Industry’s transition to the digital world has already reaped benefits such as fully automated processes and cost savings and has paved the way for novel services and business models.  However, the challenges of data-driven autonomous and context-aware systems that enable the automated processes in industry have not been fully addressed. ABIDI project contributes to the automated industrial processes with the development of a framework for context-aware and veracious big data analytics with automated knowledge discovery and reasoning for industrial IoT. ABIDI aims building reliable industrial IoT networks, automating the processing of big variety, volume, and velocity industrial IoT data streams, and offering big data insights with centralized or distributed solutions. Therefore, ABIDI develops adaptive models-based decision support and recommendation tools that enable the automated control of the system with processing big industrial IoT data. To materialize the research results into innovations that industrial operators and service providers can utilize, we design four real-life use cases with respect to energy consumption prediction, including two academic use cases in CeDInt-UPM (Spain) and HES-SO (Switzerland), and two industry use cases. Energy efficiency is one of the KPIs for any industry regardless of line of business.

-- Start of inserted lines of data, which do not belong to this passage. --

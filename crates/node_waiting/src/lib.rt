//! The pending requests of a node, as a list that is found by serials.
//!
//! The main type is [`PendingList`]: the requests in the order of their blocks of serials
//! (`Pending` and `NodeState` of `node_rules`). It finds a request by the serial of its round
//! ([`PendingList::of_round`]) or of its last fetch ([`PendingList::of_fetch`]) with one binary
//! search, and finds a block for a new one ([`PendingList::free_block`]). It changes a request
//! where it stands by a [`Progress`], the parts of a request that change, and takes it out when it
//! ends.
//!
//! Block b has the serials 32b to 32b + 31, so a serial tells its block by `serial / 32`. That is
//! enough because no request begins more than 26 fetches: one for each of at most 23 replies to its
//! round, and three origin reads. Each request in a `PendingList` *can go on*: its block has a
//! serial for each fetch that it may still begin.
//!
//! Where to read:
//!
//! - `specs/CanGoOn`: why the serials of a block suffice; `specs/InOrder`: the invariant of
//!   `PendingList`
//! - `specs/Found`, `specs/Changed`: what is found, and what a change leaves
//! - `src/waiting.rt`: the calls; `src/progress.rt`: `Progress`
//! - `src/laws.rt`: a request can still go on after all that the rules of a node do to it
//! - `proofs/Finding`, `proofs/Changing`, `proofs/Counting`: proofs of finding, changing, and the
//!   count of fetches
//!
//! A contract sees a `PendingList` as the list of its requests. Pure: no IO and no clock; only
//! [`PendingList::add`] allocates.
#![tactic(auto)]

pub mod laws;
mod progress;
mod waiting;

pub use progress::Progress;
pub use waiting::{PendingList, block_after};
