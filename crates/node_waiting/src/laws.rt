//! Laws of pending requests. Each function does nothing: its contract states the law.
ghost use Rattle.std.specs.Prelude.{◌≡◌, ◌≤◌, ◌<◌, ◌+◌, ◌++◌, [], ◌∷◌, ℕ, Bool, true, List, length};
ghost use Rattle.std.specs.Prelude.{Option, Some, None};
ghost use Rattle.http_messages.specs.declared.ask.Ask.{Ask};
ghost use Rattle.values_tables.specs.declared.plain.Peer.{Peer};
ghost use Rattle.peer_chooser.specs.declared.said.Said.{Said};
ghost use Rattle.peer_chooser.specs.declared.said.Source.TheVariants as source;
ghost use Rattle.peer_chooser.specs.Round.{RoundText, started, answered, ended};
ghost use Rattle.peer_chooser.specs.Choice.{choice};
ghost use Rattle.node_rules.specs.declared.state.Fetch.TheVariants.{AtPeer, AtOrigin};
ghost use Rattle.node_rules.specs.declared.state.Pending.{Pending};
ghost use Rattle.node_rules.specs.State.{is_idle, changed};
ghost use Rattle.node_rules.specs.Asks.{new_ask};
ghost use Rattle.node_rules.specs.Fetching.{fetching};
ghost use Rattle.node_rules.specs.Arrivals.{not_fetching, with_round};
ghost use Rattle.node_waiting.specs.CanGoOn.{CanGoOn};

use peer_chooser::choices_follow_answers;

/// A request that can go on has begun at most 26 fetches.
pub fn fetches_are_few<T>()
    ensures { (p : Pending T) → CanGoOn p → p.fetches ≤ 26 }
{}

/// A new request can go on, with a round that begins (`with_round`) or without one (`alone`).
pub fn new_asks_can_go_on<T>()
    ensures alone { (block : ℕ) (asker : Option ℕ) (ask : Ask) →
        let p : Pending T = new_ask block asker ask None in CanGoOn p }
    ensures with_round { (block : ℕ) (asker : Option ℕ) (ask : Ask) (peers : List Peer)
        (floor : ℕ) →
        let p : Pending T = new_ask block asker ask (Some (started peers floor)) in CanGoOn p }
{}

/// A request can go on as it goes to the peer that its round chose (`peer`), or to the origin for
/// the first, second or third time (`origin`).
pub fn fetching_asks_can_go_on<T>()
    ensures peer { (p : Pending T) (r : RoundText) (floor peer now : ℕ) (cached : Bool) →
        CanGoOn p → p.round ≡ Some r → is_idle p.fetch ≡ true →
        choice r floor p.tried ≡ source.Peer peer cached →
        CanGoOn (fetching p p.reads (AtPeer peer now)) }
    ensures origin { (p : Pending T) (stamp now : ℕ) (mark : T) →
        CanGoOn p → is_idle p.fetch ≡ true → p.reads < 3 →
        CanGoOn (fetching p (p.reads + 1) (AtOrigin stamp now mark)) }
{
    choices_follow_answers();
}

/// A request can go on after its fetch has ended: from a peer, which counts as tried now, or from
/// the origin.
pub fn asks_can_go_on_after_a_fetch<T>()
    ensures peer { (p : Pending T) (peer asked : ℕ) →
        CanGoOn p → p.fetch ≡ AtPeer peer asked → CanGoOn (not_fetching p (p.tried ++ peer ∷ [])) }
    ensures origin { (p : Pending T) (stamp asked : ℕ) (mark : T) →
        CanGoOn p → p.fetch ≡ AtOrigin stamp asked mark → CanGoOn (not_fetching p p.tried) }
{}

/// A request can go on after an answer to its round, which has at most 23 answers then, and after
/// its round has expired.
pub fn asks_can_go_on_with_their_rounds<T>()
    ensures answered { (p : Pending T) (r : RoundText) (id : ℕ) (said : Said) →
        CanGoOn p → p.round ≡ Some r → length (answered r id said).answers ≤ 23 →
        CanGoOn (with_round p (answered r id said)) }
    ensures ended { (p : Pending T) (r : RoundText) →
        CanGoOn p → p.round ≡ Some r → CanGoOn (with_round p (ended r)) }
{}

/// Of two changes of one request, the later one counts.
pub fn later_changes_count<T>()
    ensures { (asks : List (Pending T)) (p : Pending T) (q : Pending T) → q.block ≡ p.block →
        changed q (changed p asks) ≡ changed q asks }
{}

ABIDI addresses key challenges of reliable industrial IoT networks, big data analytics, edge computing, contextualization, veracity and knowledge discovery, which are fundamental issues for industrial IoT and big data analytics to be successful in industry. The project carries out fundamental research and the technical results will support a more principled transition towards fully automated processes realized by autonomous and context-aware devices. Moreover, ABIDI applies the technical results in the context of realistic industry use cases and performs systematic studies with professional experts about the usability and reliability of the produced technologies.